Exercises That Relieve Sciatica

Luckily, some yoga exercises and stretches can soothe the pain and discomfort of this condition. These 9 exercises are very simple, so you don’t have to be a master in yoga to be able to do them. Here are the exercises that you should do:

  1. Knee raise – Start by lying on your back. Bring one knee up to the chest while the other leg needs to be straight on the ground. Make sure you press your raised leg to the chest as firmly as you can. Stay in this position for 30 seconds with your shoulders flat on the floor.
  2. Single leg twist – Start this exercise flat on your back with one knee folded over the other leg. The other leg needs to be held straight. Then, place the hand that’s closest to the knee on top of it and turn your upper body to face it in the opposite direction.
  3. Reclining big toe pose – For this exercise, you will need an elastic strap. However, if you don’t have one, you can use a thin towel, a belt, or a rope. Place the strap on the ball of the foot, straightening the leg towards the ceiling. Your toes need to be flexed towards you (not pointed). Your buttocks need to be firm on the floor. If you can’t keep your leg straight, make sure it’s as fully extended as you can. Over time, the flexibility of the leg will improve. When you finish with the exercise, bend the knee first and then lower it to the chest. After, straighten the leg to the floor.
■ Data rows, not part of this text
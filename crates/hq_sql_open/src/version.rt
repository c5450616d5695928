//! Whether a store of an earlier schema is of its version.

ghost use Rattle.std.specs.Prelude.{◌≡◌, ◌↔◌, IsTrue, IfOk, IfErr};
ghost use Rattle.sqlite.specs.Held.{state};
ghost use Rattle.sqlite.specs.State.{HasCleanDisk, IsUnchanged};
ghost use Rattle.hq_sql.specs.Causes.{HasCause};
ghost use Rattle.hq_sql_open.specs.Opening.{ShowVersions, TellsWhether};
ghost use Rattle.hq_sql_open.specs.Stores.{IsEarlier};
ghost use Rattle.hq_sql_open.specs.Migration.{IsVersion, ShowsVersion, KeepsVersion};

use hq_sql::SqliteMemory;
use sqlite::types::ValueRef;
use sqlite::{Alter, Connection, Error, Row};

/// The rows of the version table.
fn versions<S: Alter, M: SqliteMemory>(
    memory: M,
    conn: &mut Connection<S>,
) -> Result<Vec<Row>, Error>
    ensures found { HasCleanDisk (state S.Store conn.new)
        → IsEarlier (state S.Store conn.old).now.schema
        → IfOk result (λ rows. ShowVersions (state S.Store conn.old).now rows.items
        × IsUnchanged (state S.Store conn.old) (state S.Store conn.new)) }
    ensures kept { KeepsVersion (state S.Store conn.old) (state S.Store conn.new) result }
    ensures cause { IfErr result (HasCause M.refused M.failed) }
{
    let rows = memory.query_all(conn, "SELECT version FROM desk_schema", &[])?;
    Ok(rows)
}

/// Whether the rows are one, which shows 1.
fn is_one(rows: &[Row]) -> bool
    ensures { IsTrue result ↔ ShowsVersion 1 rows.now }
{
    match rows {
        [row] => matches!(row.get_ref(0), Ok(ValueRef::Int(1))),
        _ => false,
    }
}

/// Whether the rows are one, which shows 2.
fn is_two(rows: &[Row]) -> bool
    ensures { IsTrue result ↔ ShowsVersion 2 rows.now }
{
    match rows {
        [row] => matches!(row.get_ref(0), Ok(ValueRef::Int(2))),
        _ => false,
    }
}

/// Whether the one version is 1.
pub(crate) fn is_first_version<S: Alter, M: SqliteMemory>(
    memory: M,
    conn: &mut Connection<S>,
) -> Result<bool, Error>
    ensures found { HasCleanDisk (state S.Store conn.new)
        → IsEarlier (state S.Store conn.old).now.schema
        → IfOk result (λ yes. TellsWhether yes (IsVersion 1 (state S.Store conn.old).now)
        (state S.Store conn.old) (state S.Store conn.new)) }
    ensures kept { KeepsVersion (state S.Store conn.old) (state S.Store conn.new) result }
    ensures cause { IfErr result (HasCause M.refused M.failed) }
{
    let rows = versions(memory, conn)?;
    Ok(is_one(rows.as_slice()))
}

/// Whether the one version is 2.
pub(crate) fn is_second_version<S: Alter, M: SqliteMemory>(
    memory: M,
    conn: &mut Connection<S>,
) -> Result<bool, Error>
    ensures found { HasCleanDisk (state S.Store conn.new)
        → IsEarlier (state S.Store conn.old).now.schema
        → IfOk result (λ yes. TellsWhether yes (IsVersion 2 (state S.Store conn.old).now)
        (state S.Store conn.old) (state S.Store conn.new)) }
    ensures kept { KeepsVersion (state S.Store conn.old) (state S.Store conn.new) result }
    ensures cause { IfErr result (HasCause M.refused M.failed) }
{
    let rows = versions(memory, conn)?;
    Ok(is_two(rows.as_slice()))
}
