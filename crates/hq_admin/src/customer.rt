//! The customer that an administrator names.

ghost use Rattle.std.specs.Prelude.{◌≡◌};
ghost use Rattle.std.specs.List.{find};
ghost use Rattle.hq_values.specs.Readers.{Reads};
ghost use Rattle.hq_kept.specs.Customers.{has_name};
ghost use Rattle.hq_admin.specs.Customers.{entry_named};

use hq_import::{directory_of, has_name};
use hq_kept::{Customer, Entry};
use hq_values::{Fail, Refusal};
use std::alloc::Global;

/// The first of these with this name.
fn with_name(customers: Vec<Customer>, name: &str) -> Option<Customer>
    ensures { result ≡ find (has_name name.now) customers.items }
{
    customers
        .into_iter()
        .find(|customer| has_name(customer, name))
}

/// The customer of this name, byte for byte, in a directory, a CSV file. Refused at the file's
/// first fault, as 53 `BadDirectory`, 54 `DoubledName` or 55 `DoubledKey`; and where it is good, as
/// 13 `NoCustomer` if no customer has the name. The only other error is want of memory.
pub fn customer_in(alloc: Global, file: &[u8], name: &str) -> Result<Entry, Fail>
    ensures { Reads result (entry_named file.now name.now) }
{
    let customers = directory_of(alloc, file)?;
    match with_name(customers, name) {
        Some(customer) => Ok(customer.entry),
        None => Err(Fail::Refused(Refusal::NoCustomer)),
    }
}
  4. Standing back twist – All you need for this exercise is a chair or something that will help elevate your leg. When raising your foot, turn your body to the direction of the raised leg.
  5. Upright king pigeon pose – You can use a table or another hip-height surface for the exercise. Place your leg on the table and lean forward. Shuffle back with your other foot making the stretching more intense.
  6. Staff pose – Start sitting on the ground with your legs stretched and your palms flat next to you. Move your toes towards your body, keeping the heels on the ground and legs straight. Hold this pose for some time to stretch the hamstrings.
  7. Child pose – Sit down on your knees and drape yourself forward. Gently, stretch your arms in front of you.
  8. Standing hamstring stretches – Raise your leg at hip height or below, keeping your hips forward. Your toes need to point upwards. If you want to make this exercise harder, bend forward over the knee while keeping your back straight.
  9. Simple seated twist – Start the exercise by sitting on the floor with one leg folded over the other. Move the other leg back with the heel touching your buttocks. Rotate the body in the direction of your top leg. Try to maintain a straight back throughout the exercise.